:: RECORDS SHOWN ::

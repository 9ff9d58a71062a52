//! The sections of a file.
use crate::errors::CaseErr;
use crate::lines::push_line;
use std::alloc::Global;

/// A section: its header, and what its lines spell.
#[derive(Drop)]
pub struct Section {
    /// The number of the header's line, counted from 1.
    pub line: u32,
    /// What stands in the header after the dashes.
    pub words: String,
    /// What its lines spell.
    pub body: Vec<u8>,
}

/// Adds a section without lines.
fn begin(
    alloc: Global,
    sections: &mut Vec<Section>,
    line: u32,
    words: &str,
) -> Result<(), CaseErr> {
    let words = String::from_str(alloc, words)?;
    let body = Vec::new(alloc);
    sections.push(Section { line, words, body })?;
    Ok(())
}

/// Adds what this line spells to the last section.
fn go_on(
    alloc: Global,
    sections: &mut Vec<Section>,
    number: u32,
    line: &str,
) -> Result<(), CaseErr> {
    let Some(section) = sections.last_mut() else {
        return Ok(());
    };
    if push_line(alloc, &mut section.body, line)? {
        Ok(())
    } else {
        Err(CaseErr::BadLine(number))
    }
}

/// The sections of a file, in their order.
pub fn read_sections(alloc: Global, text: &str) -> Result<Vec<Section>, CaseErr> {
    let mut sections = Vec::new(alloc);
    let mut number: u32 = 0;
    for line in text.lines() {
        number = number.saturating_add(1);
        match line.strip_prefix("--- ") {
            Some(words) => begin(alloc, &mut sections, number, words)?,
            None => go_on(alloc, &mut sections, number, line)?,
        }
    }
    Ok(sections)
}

:::
:: RECORDS SHOWN ::

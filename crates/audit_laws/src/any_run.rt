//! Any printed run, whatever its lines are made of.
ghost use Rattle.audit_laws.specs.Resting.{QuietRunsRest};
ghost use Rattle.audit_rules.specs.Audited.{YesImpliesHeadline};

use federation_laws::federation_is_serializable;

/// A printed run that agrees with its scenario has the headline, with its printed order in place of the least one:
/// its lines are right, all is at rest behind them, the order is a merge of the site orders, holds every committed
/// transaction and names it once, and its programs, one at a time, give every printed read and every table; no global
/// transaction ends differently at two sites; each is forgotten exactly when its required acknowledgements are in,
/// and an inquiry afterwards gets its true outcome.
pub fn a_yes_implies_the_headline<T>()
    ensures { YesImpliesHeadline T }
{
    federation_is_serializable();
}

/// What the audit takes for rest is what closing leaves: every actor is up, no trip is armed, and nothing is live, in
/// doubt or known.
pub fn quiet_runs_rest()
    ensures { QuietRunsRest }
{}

:::

## REQUIRED WORK
Say how many lines of the entries hold the string "Rattle". Nothing but the number should be given.

## PROBLEM SOLUTION
2